The political terrain in Marathwada is undergoing a seismic shift ahead of the Assembly polls. The Bharatiya Janata Party (BJP), once the dominant force in the region, has its back to the wall following its catastrophic performance in the recent Lok Sabha election in Marathwada, where the saffron party failed to win even a single seat.
The ruling Mahayuti alliance scored just one of eight Lok Sabha in the region, with CM Eknath Shinde’s Shiv Sena winning the Chhatrapati Sambhajinagar seat even as the BJP scored a naught.The most prominent disruptor here was arguably Manoj Jarange-Patil, the Maratha quota activist who made good his boast of being a ‘political kingmaker.’
Despite his professed disinterest in contesting elections, Jarange-Patil is now set to supplant the established political order by fielding candidates and leveraging his influence. His year-long campaign for granting immediate reservation to Marathas within the Other Backward Classes (OBC) category had directly caused the BJP’s (and the ruling Mahayuti’s) rout in the Lok Sabha election in Marathwada, which saw big leaders like Raosaheb Danve and Pankaja Munde bite the electoral dust.
Jarange-Patil’s continued scrutiny of key BJP figures, especially his sustained verbal assault on Deputy Chief Minister Devendra Fadnavis, has long raised eyebrows about his hidden agenda. But the activist’s Svengali-like hold over the Maratha community, and the subsequent coalescing of an OBC versus Maratha standoff, has made it harder for BJP to walk the tightrope between placating the OBCs and appeasing the Marathas in this region.
While he will not personally contest, Jarange’s strategy involves fielding his own candidates, supporting selected candidates from other parties, and ensure the defeat of rivals. One can guess as to who Jarange’s ‘rivals’ are. Thus far, his agitation has noticeably benefited the opposition Maharashtra Vikas Aghadi (MVA).
In a region perennially bedevilled by drought and agrarian crises and industrially challenged, emotive issues have always spread like bush-fire – be it Sharad Pawar’s controversial proposal to rename Marathwada University in the 1970s to Bal Thackeray and the undivided Shiv Sena securing a foothold to the rise of the All India Majlis-e-Ittehadul-Muslimeen (AIMIM) in the 2000s. Thus, it is no surprise that the latest entrant in Marathwada’s boiling cauldron in Jarange-Patil and his Maratha agitation.
Against this fraught background, the prestige of several BJP and Mahayuti heavyweights are at stake on November 20.

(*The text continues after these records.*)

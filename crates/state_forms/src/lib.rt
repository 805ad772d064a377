//! The JSON forms of the parts of a saved state: values, cells, frames, throw frames, upvalues and what a run shows.
//! Stands on plain_json, vm_frames, hog_value, indexmap and serde_json.
//! specs/Shapes.antt says how arrays and numbers are read, Values.antt what values and cells look like, Calls.antt the
//! parts of a machine, and Shown.antt what a run shows. Each part is read back from what was written of it, which is plain.
//! Above, vm_state reads and writes whole states by these forms.
#![tactic(auto)]

pub mod calls;
pub mod forms;
pub mod shown;
pub mod stop;
pub mod upvalues;
pub mod values;

pub use forms::Json;
pub use stop::ReadStop;
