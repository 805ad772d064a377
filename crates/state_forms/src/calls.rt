//! Frames and throw frames as JSON, and whether a machine goes on.

ghost use Rattle.std.specs.Prelude.{◌≡◌, IfOk};
ghost use Rattle.serde_json.specs.View.{view};
ghost use Rattle.state_forms.specs.Shapes.{Gives};
ghost use Rattle.serde_json.specs.Find.{as_str};
ghost use Rattle.state_forms.specs.Calls.{is_wait, mode_in, mode_data, mode_of};

use crate::forms::{
    Json, array_of, list_value, number, number_u32, read_maybe, string, write_maybe,
};
use crate::stop::ReadStop;
use hog_value::End;
use serde_json::Value;
use std::alloc::{AllocError, Global};
use vm_frames::{Frame, ThrowFrame};

impl Json for Frame {
    ghost use Rattle.state_forms.specs.Calls.{frame_in, frame_data, FrameFits};

    ghost written = { frame_data };

    ghost reads = { frame_in };

    ghost fits = { FrameFits };

    fn read(alloc: Global, v: &Value) -> Result<Frame, ReadStop> {
        match array_of(v)? {
            [p, b, f] => {
                let place = number_u32(p)?;
                let base = number_u32(b)?;
                let function = read_maybe::<u32>(alloc, f)?;
                Ok(Frame {
                    place,
                    base,
                    function,
                })
            }
            _ => Err(ReadStop::Refused),
        }
    }

    fn write(&self, alloc: Global) -> Result<Value, AllocError> {
        let function = write_maybe(alloc, &self.function)?;
        Ok(list_value(vec![in alloc; number(self.place), number(self.base), function]?))
    }
}

impl Json for ThrowFrame {
    ghost use Rattle.state_forms.specs.Calls.{throw_in, throw_data, ThrowFits};

    ghost written = { throw_data };

    ghost reads = { throw_in };

    ghost fits = { ThrowFits };

    fn read(_alloc: Global, v: &Value) -> Result<ThrowFrame, ReadStop> {
        match array_of(v)? {
            [n, h, c] => {
                let frames = number_u32(n)?;
                let height = number_u32(h)?;
                let catch = number_u32(c)?;
                Ok(ThrowFrame {
                    frames,
                    height,
                    catch,
                })
            }
            _ => Err(ReadStop::Refused),
        }
    }

    fn write(&self, alloc: Global) -> Result<Value, AllocError> {
        Ok(list_value(vec![in alloc;
            number(self.frames),
            number(self.height),
            number(self.catch),
        ]?))
    }
}

/// Whether a value is the word of one that waits. Takes no memory.
fn is_wait(v: &Value) -> bool
    ensures { result ≡ is_wait (as_str (view v.now)) }
{
    match v.as_str() {
        Some(word) => word == "wait",
        None => false,
    }
}

/// Whether a machine waits, and its end where it has ended.
pub fn read_mode(alloc: Global, v: &Value) -> Result<(bool, Option<End>), ReadStop>
    ensures { Gives (λ m. mode_of m.0 m.1) result (mode_in (view v.now)) }
{
    if v.is_null() {
        return Ok((false, None));
    }
    if is_wait(v) {
        return Ok((true, None));
    }
    match End::read(alloc, v) {
        Ok(end) => Ok((false, Some(end))),
        Err(e) => Err(e),
    }
}

/// The form of whether a machine waits, and of its end where it has ended.
pub fn write_mode(alloc: Global, waiting: bool, end: &Option<End>) -> Result<Value, AllocError>
    ensures { IfOk result (λ v. view v ≡ mode_data (mode_of waiting end.now)) }
{
    match end {
        Some(e) => e.write(alloc),
        None => {
            if waiting {
                string(alloc, "wait")
            } else {
                Ok(Value::Null)
            }
        }
    }
}
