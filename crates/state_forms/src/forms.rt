//! Types with a JSON form, and arrays of them.

ghost use Rattle.std.specs.Prelude.{◌≡◌, Option, Some, IfOk, IfSome, map};
ghost use Rattle.std.specs.List.{AllByRecursion};
ghost use Rattle.serde_json.specs.Data.{Data, string};
ghost use Rattle.serde_json.specs.Find.{as_str};
ghost use Rattle.serde_json.specs.View.{view};
ghost use Rattle.state_forms.specs.Shapes.{Gives, list_in, list, each, list_by, u32_in, u64_in, number_data, maybe_in, maybe_data};

use crate::stop::ReadStop;
use hog_value::HogText;
use serde_json::{Number, Value};
use std::alloc::{AllocError, Global};

/// A type with a JSON form.
pub trait Json: Drop + Sized {
    ghost written: { Self → Data };

    ghost reads: { Data → Option Self };

    ghost fits: { Self → Type 0 };

    /// What the value is the form of.
    fn read(alloc: Global, v: &Value) -> Result<Self, ReadStop>
        ensures gives { Gives (λ x. x) result (reads (view v.now)) }
        ensures ranged { IfOk result fits };

    /// The form.
    fn write(&self, alloc: Global) -> Result<Value, AllocError>
        ensures form { IfOk result (λ v. view v ≡ written self.now) }
        ensures ranged { IfOk result (λ _. fits self.now) };
}

/// The items of an array. Takes no memory.
pub fn array_of(v: &Value) -> Result<&[Value], ReadStop>
    ensures { Gives (λ xs. map view xs.now) result (list_in (view v.now)) }
{
    match v.as_array() {
        Some(items) => Ok(items.as_slice()),
        None => Err(ReadStop::Refused),
    }
}

/// A number of 32 bits. Takes no memory.
pub fn number_u32(v: &Value) -> Result<u32, ReadStop>
    ensures { Gives (λ x. x) result (u32_in (view v.now)) }
{
    match v.as_u64() {
        Some(n) if n < 4_294_967_296 => Ok(n as u32),
        _ => Err(ReadStop::Refused),
    }
}

/// A number of 64 bits. Takes no memory.
pub fn number_u64(v: &Value) -> Result<u64, ReadStop>
    ensures { Gives (λ x. x) result (u64_in (view v.now)) }
{
    match v.as_u64() {
        Some(n) => Ok(n),
        None => Err(ReadStop::Refused),
    }
}

/// A text.
pub fn text(alloc: Global, v: &Value) -> Result<HogText, ReadStop>
    ensures { Gives (λ x. x) result (as_str (view v.now)) }
{
    match v.as_str() {
        Some(s) => Ok(HogText::from_string(String::from_str(alloc, s)?)),
        None => Err(ReadStop::Refused),
    }
}

/// A number as JSON. Takes no memory.
pub fn number(n: u32) -> Value
    ensures { view result ≡ number_data n }
{
    Value::Number(Number::from(n))
}

/// A number of 64 bits as JSON. Takes no memory.
pub fn number_wide(n: u64) -> Value
    ensures { view result ≡ number_data n }
{
    Value::Number(Number::from(n))
}

/// A text as JSON.
pub fn string(alloc: Global, s: &str) -> Result<Value, AllocError>
    ensures { IfOk result (λ v. view v ≡ string s.now) }
{
    Value::try_from_str(alloc, s)
}

/// An array. Takes no memory.
pub fn list_value(items: Vec<Value>) -> Value
    ensures { view result ≡ list (map view items.items) }
{
    Value::Array(items)
}

/// Each of the items.
pub fn read_all<T: Json>(alloc: Global, items: &[Value]) -> Result<Vec<T>, ReadStop>
    ensures gives { Gives (λ v. v.items) result (each T.reads (map view items.now)) }
    ensures ranged { IfOk result (λ v. AllByRecursion T.fits v.items) }
{
    let mut found = Vec::new(alloc);
    for item in items {
        match T::read(alloc, item) {
            Ok(x) => found.push(x)?,
            Err(e) => return Err(e),
        }
    }
    Ok(found)
}

/// The forms of the items.
pub fn write_each<T: Json>(alloc: Global, items: &[T]) -> Result<Vec<Value>, AllocError>
    ensures form { IfOk result (λ vs. map view vs.items ≡ map T.written items.now) }
    ensures ranged { IfOk result (λ _. AllByRecursion T.fits items.now) }
{
    let mut written = Vec::new(alloc);
    for item in items {
        written.push(item.write(alloc)?)?;
    }
    Ok(written)
}

/// The array of the items' forms.
pub fn write_all<T: Json>(alloc: Global, items: &[T]) -> Result<Value, AllocError>
    ensures form { IfOk result (λ v. view v ≡ list (map T.written items.now)) }
    ensures ranged { IfOk result (λ _. AllByRecursion T.fits items.now) }
{
    Ok(list_value(write_each(alloc, items)?))
}

/// Each item of an array.
#[tactic(auto, unfolding(crate::specs::Shapes::list_by))]
pub fn read_list<T: Json>(alloc: Global, v: &Value) -> Result<Vec<T>, ReadStop>
    ensures gives { Gives (λ v. v.items) result (list_by T.reads (view v.now)) }
    ensures ranged { IfOk result (λ v. AllByRecursion T.fits v.items) }
{
    match array_of(v) {
        Ok(items) => read_all(alloc, items),
        Err(e) => Err(e),
    }
}

/// Null for none.
pub fn read_maybe<T: Json>(alloc: Global, v: &Value) -> Result<Option<T>, ReadStop>
    ensures gives { Gives (λ o. o) result (maybe_in T.reads (view v.now)) }
    ensures ranged { IfOk result (λ o. IfSome o T.fits) }
{
    if v.is_null() {
        Ok(None)
    } else {
        match T::read(alloc, v) {
            Ok(x) => Ok(Some(x)),
            Err(e) => Err(e),
        }
    }
}

/// Null for none.
pub fn write_maybe<T: Json>(alloc: Global, x: &Option<T>) -> Result<Value, AllocError>
    ensures form { IfOk result (λ v. view v ≡ maybe_data T.written x.now) }
    ensures ranged { IfOk result (λ _. IfSome x.now T.fits) }
{
    match x {
        None => Ok(Value::Null),
        Some(x) => x.write(alloc),
    }
}
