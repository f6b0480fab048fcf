// Names to places: which member a listed name is, and a row for each sender that turns its places into ours.
ghost use Rattle.std.specs.Prelude.{◌≡◌, ℕ, ◌<◌, ◌≤◌, get_or, IfSome};
ghost use Rattle.lists.specs.Lists.{at, tab};
ghost use Rattle.telegram.specs.Fields.{text};
ghost use Rattle.telegram.specs.Reading.{texts};
ghost use Rattle.tcsb.specs.Internalizer.{no_translation, member_at, translation_of, continues, our_place, our_entries, event_of};
ghost use Rattle.tcsb.specs.Replica.{admitted_by};

use crate::tcsb::Tcsb;
use clock::id::ReplicaIdx;
use clock::version_vector::Row;
use refusal::Refusal;
use store::event::{Event, OPERATION};
use telegram::body::{Body, Place};
use telegram::field::Part;
use telegram::list::{MEMBERS, Names, same_text};

// Our places of the names that a sender lists, by their places in its list; 0 behind them.
// kept: an array and its count: no heap, fixed memory, and plain types can be copied, which no library type with a length of its own can; that the count is at
// most sixteen is a premise of four clauses and no invariant, since `translate` takes it from `Names`, whose fields are public and bound nothing, as `translation_of` does; so the
// like premises of `member_of`, `translate` and `admit` on names stand, too
#[derive(Clone, Copy, Debug, PartialEq, Eq)]
pub struct Translation {
    pub count: usize,
    pub places: [u8; 16],
}

// Which member a listed name is.
pub(crate) fn member_of(list: &[u8], names: &Names, s: &[u8], name: Part) -> Option<usize>
    ensures few { IfSome result (λ i. i < 16) }
    ensures place { names.now.count ≤ 16 → result ≡ member_at (texts list.now names.now) (text s.now name) }
{
    names
        .parts
        .iter()
        .take(names.count)
        .position(|member| same_text(list, *member, s, name))
}

// Our places of the names that a sender lists: refused with 7 where one is no member.
pub(crate) fn translate(
    list: &[u8],
    names: &Names,
    s: &[u8],
    listed: &Names,
) -> Result<Translation, Refusal>
    ensures { names.now.count ≤ 16 → listed.now.count ≤ 16 → result ≡ translation_of (texts list.now names.now) (texts s.now listed.now) }
{
    let mut places = [0u8; 16];
    for p in 0..listed.count.min(MEMBERS) {
        let Some(place) = member_of(list, names, s, listed.parts[p]) else {
            return Err(Refusal::NoMember);
        };
        places[p] = place as u8;
    }
    Ok(Translation {
        count: listed.count,
        places,
    })
}

// The bytes of an operation, 0 behind them.
pub(crate) fn operation_of(s: &[u8], part: Part) -> [u8; 32]
    ensures { result ≡ tab 32 (at (text s.now part)) }
{
    let mut operation = [0u8; OPERATION];
    let text = part.of(s);
    let len = text.len().min(OPERATION);
    operation[..len].copy_from_slice(&text[..len]);
    operation
}

impl Translation {
    // The row of a sender that never sent.
    pub(crate) fn none() -> Translation
        ensures { result ≡ no_translation }
    {
        Translation {
            count: 0,
            places: [0; 16],
        }
    }

    // Whether this row has all that the known one has, in its places.
    pub(crate) fn goes_on(&self, known: &Translation) -> bool
        ensures { known.now.count ≤ 16 → result ≡ continues known.now self.now }
    {
        known.count <= self.count
            && known
                .places
                .iter()
                .zip(&self.places)
                .take(known.count)
                .all(|(a, b)| *a == *b)
    }

    // Our place of a sender's place.
    pub(crate) fn our_place(&self, place: Place) -> ReplicaIdx
        ensures { result.0 ≡ our_place self.now place.0 }
    {
        let ours = self.places.get(place.0).copied().unwrap_or(0);
        ReplicaIdx(ours as usize)
    }

    // A sender's entries at our places; a member that the sender doesn't list has entry 0.
    pub(crate) fn our_row(&self, entries: &[u32; 16]) -> Row
        ensures { self.now.count ≤ 16 → result.entries ≡ our_entries self.now.count self.now entries.now }
    {
        let mut row = Row::zeros();
        for p in 0..self.count.min(MEMBERS) {
            row = row.set(self.our_place(Place(p)), entries[p]);
        }
        row
    }

    // An event body as an event of ours.
    pub(crate) fn event_from(&self, s: &[u8], body: &Body) -> Event
        ensures { self.now.count ≤ 16 → result ≡ event_of self.now s.now body.now }
    {
        Event {
            origin: self.our_place(body.place),
            number: body.number,
            version: self.our_row(&body.entries),
            len: body.operation.len,
            operation: operation_of(s, body.operation),
        }
    }
}

impl Tcsb {
    // The known row of a sender.
    fn known_row(&self, sender: ReplicaIdx) -> Translation
        ensures { result ≡ get_or self.now.known sender.0 no_translation }
    {
        self.known
            .get(sender.0)
            .copied()
            .unwrap_or(Translation::none())
    }

    // The row of a telegram's sender: refused with 7, with 8 where the list is shorter than the known row or differs in it, with 10 where the
    // sender is ourselves.
    pub(crate) fn admit(
        &self,
        list: &[u8],
        s: &[u8],
        listed: &Names,
        sender: Place,
    ) -> Result<Translation, Refusal>
        ensures { self.now.names.count ≤ 16 → listed.now.count ≤ 16 → ((i : ℕ) → (get_or self.now.known i no_translation).count ≤ 16) → result ≡ admitted_by (texts list.now self.now.names) self.now.known self.now.matrix.origin.0 (texts s.now listed.now) sender.0 }
    {
        let row = translate(list, &self.names, s, listed)?;
        let place = row.our_place(sender);
        if !row.goes_on(&self.known_row(place)) {
            return Err(Refusal::ListDiffers);
        }
        if place == self.matrix.origin {
            return Err(Refusal::FromOurselves);
        }
        Ok(row)
    }
}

For all its accusations at the Congress for being ‘a party of dynasts’, the BJP has fielded a number of scions from established political families in Marathwada: Shreejaya Chavan, daughter of former Chief Minister Ashok Chavan from the Chavan pocket borough of Bhokar in Nanded district. Chavan, who defected to the BJP from the Congress ahead of the Lok Sabha, was thwarted by Maratha community activists while campaigning for the BJP candidate in the general election.
The party has gone with incumbent MLA Sambhaji Patil Nilangekar, grandson of late Congress CM Shivajirao Patil Nilangekar, in Nilanga while Dhanajay Munde, an important Vanjari OBC face and Ajit Pawar’s confidant in the NCP, will be holding the Munde family bastion in Parli.
The BJP has renominated Santosh Danve, the two-term MLA from Jalna’s Bhokardhan, and son of Raosaheb Danve. It will be interesting to watch if the son will be successful in halting the Jarange juggernaut – something which the father failed to do.